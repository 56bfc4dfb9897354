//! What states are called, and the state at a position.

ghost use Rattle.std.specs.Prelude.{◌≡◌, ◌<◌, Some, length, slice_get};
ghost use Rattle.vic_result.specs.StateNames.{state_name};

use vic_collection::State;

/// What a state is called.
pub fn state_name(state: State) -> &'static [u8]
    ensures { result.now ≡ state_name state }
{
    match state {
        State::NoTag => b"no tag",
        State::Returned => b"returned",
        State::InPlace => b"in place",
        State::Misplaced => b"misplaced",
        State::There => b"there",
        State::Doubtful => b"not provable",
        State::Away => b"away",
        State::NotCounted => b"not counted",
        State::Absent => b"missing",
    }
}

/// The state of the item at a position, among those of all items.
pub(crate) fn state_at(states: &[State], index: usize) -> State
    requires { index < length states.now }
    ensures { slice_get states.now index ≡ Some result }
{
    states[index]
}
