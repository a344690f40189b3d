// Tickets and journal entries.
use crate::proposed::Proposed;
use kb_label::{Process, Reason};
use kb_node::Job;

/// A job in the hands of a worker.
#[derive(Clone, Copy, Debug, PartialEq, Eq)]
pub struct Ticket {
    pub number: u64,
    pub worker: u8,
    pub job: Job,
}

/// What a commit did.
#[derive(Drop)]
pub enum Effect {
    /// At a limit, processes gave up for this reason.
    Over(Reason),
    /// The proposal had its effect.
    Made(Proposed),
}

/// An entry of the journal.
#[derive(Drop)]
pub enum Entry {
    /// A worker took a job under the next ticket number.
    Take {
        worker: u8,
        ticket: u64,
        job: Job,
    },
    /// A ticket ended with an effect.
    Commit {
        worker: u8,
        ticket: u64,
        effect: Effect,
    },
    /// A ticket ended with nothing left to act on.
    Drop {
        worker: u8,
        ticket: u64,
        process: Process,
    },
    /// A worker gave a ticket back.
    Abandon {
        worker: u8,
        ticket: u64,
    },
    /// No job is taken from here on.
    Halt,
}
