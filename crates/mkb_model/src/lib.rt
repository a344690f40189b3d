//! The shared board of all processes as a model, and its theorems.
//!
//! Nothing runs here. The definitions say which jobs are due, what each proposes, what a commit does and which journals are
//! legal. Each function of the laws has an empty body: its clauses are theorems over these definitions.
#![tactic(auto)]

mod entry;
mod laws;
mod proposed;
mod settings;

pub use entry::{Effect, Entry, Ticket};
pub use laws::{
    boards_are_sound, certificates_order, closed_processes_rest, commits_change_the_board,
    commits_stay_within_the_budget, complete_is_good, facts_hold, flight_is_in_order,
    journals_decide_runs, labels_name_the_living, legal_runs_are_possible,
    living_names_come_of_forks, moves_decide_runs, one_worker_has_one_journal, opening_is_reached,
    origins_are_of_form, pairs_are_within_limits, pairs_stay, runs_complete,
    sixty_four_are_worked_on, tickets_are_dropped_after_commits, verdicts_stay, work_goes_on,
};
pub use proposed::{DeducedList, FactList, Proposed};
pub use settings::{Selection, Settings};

------------

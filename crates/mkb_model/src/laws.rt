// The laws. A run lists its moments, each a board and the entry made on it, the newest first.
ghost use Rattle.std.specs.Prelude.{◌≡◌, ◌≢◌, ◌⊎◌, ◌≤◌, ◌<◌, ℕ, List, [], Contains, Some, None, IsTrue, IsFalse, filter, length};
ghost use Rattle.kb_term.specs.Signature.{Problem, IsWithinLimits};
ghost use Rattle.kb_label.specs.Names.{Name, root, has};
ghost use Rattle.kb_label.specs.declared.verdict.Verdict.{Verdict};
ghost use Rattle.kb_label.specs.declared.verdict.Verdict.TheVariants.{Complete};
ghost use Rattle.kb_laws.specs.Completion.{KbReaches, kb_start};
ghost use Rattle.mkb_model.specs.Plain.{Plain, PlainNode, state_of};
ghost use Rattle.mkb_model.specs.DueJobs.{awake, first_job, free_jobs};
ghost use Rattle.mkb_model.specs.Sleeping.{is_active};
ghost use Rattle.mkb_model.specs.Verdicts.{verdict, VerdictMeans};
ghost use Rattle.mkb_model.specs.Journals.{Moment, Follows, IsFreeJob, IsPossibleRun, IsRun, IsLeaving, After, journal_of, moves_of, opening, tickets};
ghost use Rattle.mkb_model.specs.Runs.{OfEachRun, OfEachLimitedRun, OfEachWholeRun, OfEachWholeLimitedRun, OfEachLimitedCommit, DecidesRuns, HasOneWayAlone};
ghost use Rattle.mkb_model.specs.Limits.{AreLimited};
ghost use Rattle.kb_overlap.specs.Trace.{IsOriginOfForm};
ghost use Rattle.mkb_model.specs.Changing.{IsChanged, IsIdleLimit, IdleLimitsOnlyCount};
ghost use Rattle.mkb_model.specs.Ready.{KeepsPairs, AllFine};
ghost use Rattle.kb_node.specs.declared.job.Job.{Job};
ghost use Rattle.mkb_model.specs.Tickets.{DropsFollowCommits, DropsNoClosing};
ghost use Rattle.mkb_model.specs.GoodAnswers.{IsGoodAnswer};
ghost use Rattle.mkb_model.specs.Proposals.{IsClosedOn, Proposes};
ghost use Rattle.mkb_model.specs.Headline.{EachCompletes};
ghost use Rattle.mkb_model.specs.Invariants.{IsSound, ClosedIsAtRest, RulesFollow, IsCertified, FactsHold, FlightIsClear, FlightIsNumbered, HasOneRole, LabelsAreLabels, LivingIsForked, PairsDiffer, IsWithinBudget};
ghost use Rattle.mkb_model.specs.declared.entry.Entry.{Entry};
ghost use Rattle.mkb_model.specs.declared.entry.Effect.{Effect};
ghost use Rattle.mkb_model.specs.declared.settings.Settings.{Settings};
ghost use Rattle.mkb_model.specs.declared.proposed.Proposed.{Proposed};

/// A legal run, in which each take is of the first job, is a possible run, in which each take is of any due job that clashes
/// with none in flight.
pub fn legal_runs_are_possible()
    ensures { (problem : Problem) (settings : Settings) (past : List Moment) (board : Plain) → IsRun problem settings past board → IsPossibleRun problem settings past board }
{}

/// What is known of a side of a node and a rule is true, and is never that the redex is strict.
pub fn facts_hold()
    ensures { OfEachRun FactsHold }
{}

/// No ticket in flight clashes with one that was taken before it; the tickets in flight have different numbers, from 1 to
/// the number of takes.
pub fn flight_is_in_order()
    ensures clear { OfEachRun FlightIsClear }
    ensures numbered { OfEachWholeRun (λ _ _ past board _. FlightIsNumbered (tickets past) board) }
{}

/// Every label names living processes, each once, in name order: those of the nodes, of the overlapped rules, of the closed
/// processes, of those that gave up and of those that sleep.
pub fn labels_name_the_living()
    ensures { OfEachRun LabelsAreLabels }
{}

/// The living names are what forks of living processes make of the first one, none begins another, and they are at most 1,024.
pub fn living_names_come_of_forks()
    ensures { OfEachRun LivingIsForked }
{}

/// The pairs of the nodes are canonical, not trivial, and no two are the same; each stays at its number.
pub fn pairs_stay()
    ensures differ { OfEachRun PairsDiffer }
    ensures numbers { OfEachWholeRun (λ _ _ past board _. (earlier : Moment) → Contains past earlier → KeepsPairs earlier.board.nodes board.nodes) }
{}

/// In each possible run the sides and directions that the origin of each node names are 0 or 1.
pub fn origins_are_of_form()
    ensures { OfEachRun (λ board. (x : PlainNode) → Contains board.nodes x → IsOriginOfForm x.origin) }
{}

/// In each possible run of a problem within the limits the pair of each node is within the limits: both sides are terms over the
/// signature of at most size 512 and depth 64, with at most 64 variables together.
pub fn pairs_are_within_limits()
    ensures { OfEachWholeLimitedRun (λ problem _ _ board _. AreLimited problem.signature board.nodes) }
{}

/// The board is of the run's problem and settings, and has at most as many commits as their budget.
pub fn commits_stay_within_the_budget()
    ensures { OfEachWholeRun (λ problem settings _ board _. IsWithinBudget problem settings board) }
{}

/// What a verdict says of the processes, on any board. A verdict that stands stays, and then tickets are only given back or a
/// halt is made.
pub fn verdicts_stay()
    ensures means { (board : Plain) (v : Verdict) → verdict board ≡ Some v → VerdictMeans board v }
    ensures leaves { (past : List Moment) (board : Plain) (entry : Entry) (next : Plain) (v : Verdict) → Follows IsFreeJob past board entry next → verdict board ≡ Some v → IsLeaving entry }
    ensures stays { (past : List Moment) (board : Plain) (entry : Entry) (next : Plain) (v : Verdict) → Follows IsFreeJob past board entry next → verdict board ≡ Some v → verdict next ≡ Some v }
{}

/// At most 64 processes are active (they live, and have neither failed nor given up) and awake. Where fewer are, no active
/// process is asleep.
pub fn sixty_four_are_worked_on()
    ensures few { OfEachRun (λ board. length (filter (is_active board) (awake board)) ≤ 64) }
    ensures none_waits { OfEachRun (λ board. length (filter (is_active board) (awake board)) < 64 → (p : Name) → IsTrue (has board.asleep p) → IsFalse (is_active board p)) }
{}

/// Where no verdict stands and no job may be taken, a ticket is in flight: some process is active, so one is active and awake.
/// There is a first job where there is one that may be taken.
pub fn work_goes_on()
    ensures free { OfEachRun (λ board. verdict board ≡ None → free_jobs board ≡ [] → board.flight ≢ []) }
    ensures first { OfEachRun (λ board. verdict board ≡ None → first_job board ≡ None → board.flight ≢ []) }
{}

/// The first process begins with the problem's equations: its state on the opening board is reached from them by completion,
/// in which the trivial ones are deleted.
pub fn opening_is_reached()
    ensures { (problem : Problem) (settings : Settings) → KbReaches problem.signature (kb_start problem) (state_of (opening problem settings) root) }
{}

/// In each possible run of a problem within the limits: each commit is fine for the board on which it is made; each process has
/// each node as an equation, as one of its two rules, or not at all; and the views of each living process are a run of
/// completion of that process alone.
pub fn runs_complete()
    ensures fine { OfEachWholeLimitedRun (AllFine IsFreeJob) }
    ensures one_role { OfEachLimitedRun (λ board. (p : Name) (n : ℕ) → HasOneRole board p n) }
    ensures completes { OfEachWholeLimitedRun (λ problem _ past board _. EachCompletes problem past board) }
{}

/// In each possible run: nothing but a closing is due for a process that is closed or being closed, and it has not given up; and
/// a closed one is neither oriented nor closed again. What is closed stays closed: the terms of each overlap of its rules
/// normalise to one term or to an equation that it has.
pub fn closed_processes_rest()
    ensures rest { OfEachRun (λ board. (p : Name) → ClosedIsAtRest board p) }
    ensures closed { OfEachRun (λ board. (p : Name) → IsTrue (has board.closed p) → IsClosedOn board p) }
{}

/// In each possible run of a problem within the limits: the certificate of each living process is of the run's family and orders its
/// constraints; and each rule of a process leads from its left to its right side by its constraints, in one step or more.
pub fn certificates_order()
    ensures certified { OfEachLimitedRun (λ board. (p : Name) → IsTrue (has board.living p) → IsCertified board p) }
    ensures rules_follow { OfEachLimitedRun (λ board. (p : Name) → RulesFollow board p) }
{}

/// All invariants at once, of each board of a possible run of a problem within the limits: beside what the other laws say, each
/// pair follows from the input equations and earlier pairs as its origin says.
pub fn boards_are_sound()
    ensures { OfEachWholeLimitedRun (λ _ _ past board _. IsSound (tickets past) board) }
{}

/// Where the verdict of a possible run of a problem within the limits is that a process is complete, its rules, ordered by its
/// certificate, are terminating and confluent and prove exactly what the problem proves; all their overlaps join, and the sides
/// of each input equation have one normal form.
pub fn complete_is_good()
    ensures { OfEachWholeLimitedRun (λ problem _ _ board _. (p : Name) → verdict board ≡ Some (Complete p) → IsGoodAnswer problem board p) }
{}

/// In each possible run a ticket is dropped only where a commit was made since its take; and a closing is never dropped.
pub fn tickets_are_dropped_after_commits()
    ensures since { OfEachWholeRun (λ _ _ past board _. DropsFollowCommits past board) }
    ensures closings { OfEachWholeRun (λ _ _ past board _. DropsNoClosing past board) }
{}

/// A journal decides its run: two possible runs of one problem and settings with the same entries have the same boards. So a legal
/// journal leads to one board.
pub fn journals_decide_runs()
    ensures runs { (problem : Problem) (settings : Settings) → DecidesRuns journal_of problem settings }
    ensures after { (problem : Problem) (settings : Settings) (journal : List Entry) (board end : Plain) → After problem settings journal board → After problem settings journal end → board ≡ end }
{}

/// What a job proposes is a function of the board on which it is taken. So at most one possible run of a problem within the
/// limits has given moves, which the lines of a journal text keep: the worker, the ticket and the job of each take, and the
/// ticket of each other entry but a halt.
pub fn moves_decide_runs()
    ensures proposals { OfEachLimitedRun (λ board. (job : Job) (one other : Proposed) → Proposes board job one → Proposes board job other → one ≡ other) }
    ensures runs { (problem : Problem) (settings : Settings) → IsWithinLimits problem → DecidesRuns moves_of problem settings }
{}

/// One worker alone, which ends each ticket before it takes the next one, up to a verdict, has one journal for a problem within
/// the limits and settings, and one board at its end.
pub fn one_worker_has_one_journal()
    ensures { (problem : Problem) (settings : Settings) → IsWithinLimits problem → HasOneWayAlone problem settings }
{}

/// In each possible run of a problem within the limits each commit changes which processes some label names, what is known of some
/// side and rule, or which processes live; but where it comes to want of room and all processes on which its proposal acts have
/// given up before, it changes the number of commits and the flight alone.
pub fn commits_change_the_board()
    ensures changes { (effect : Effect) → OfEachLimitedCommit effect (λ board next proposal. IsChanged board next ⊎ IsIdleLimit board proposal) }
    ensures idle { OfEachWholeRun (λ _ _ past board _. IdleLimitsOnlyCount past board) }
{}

------------

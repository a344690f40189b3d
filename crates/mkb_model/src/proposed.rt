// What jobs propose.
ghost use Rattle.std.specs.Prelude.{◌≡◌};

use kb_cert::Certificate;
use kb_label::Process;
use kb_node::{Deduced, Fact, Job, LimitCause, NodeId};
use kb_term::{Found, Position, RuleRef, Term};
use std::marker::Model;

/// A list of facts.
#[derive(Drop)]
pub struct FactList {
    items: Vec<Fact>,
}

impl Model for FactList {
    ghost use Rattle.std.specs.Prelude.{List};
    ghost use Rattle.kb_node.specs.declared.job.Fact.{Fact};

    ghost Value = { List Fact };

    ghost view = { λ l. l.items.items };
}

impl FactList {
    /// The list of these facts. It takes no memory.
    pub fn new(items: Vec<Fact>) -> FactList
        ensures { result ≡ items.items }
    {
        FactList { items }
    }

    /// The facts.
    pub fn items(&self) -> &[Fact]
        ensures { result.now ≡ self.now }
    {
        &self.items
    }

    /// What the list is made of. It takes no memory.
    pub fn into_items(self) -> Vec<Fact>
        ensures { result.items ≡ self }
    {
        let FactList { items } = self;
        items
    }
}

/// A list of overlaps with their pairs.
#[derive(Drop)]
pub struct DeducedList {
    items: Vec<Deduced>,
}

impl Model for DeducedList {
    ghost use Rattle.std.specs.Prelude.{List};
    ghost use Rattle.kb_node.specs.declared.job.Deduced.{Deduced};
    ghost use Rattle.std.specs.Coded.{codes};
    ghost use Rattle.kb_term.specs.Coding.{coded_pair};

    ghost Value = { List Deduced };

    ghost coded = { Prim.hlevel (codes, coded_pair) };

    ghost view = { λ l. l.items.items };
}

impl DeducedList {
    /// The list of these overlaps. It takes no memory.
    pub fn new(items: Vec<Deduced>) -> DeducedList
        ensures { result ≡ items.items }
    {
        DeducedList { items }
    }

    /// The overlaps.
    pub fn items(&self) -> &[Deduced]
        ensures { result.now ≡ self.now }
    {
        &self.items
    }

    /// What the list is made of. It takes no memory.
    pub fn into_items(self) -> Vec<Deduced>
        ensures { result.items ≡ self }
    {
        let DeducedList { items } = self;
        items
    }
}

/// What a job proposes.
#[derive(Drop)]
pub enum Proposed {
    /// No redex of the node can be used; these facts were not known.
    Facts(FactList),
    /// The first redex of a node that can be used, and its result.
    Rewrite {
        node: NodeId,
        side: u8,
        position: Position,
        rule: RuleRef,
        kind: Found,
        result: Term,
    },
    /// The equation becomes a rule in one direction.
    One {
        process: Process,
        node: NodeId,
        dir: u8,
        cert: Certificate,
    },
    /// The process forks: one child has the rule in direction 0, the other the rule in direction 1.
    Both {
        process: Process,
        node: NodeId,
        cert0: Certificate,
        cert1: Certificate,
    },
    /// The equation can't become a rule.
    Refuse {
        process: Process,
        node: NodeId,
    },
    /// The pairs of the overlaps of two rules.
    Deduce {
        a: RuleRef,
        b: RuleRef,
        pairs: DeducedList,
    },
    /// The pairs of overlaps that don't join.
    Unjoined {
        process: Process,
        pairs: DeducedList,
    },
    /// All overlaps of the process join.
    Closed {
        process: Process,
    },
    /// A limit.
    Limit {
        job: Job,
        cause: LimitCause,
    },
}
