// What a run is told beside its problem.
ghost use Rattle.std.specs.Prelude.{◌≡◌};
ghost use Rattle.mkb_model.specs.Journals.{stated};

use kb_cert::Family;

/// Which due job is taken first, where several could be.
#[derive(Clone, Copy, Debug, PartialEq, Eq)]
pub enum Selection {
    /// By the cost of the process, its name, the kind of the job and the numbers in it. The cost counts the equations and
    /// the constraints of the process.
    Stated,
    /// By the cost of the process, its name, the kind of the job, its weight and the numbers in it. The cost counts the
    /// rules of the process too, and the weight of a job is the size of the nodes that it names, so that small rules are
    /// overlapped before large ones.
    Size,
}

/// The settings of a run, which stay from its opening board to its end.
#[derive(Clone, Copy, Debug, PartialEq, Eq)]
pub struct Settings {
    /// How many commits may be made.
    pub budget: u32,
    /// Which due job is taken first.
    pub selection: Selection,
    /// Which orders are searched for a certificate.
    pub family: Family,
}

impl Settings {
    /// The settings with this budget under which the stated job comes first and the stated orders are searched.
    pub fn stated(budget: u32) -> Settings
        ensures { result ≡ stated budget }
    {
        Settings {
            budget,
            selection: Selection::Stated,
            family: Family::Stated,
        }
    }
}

------------

→ Directions: Among the lines of the material above, count those that include "filter" and report that number alone.

→ Result below: 3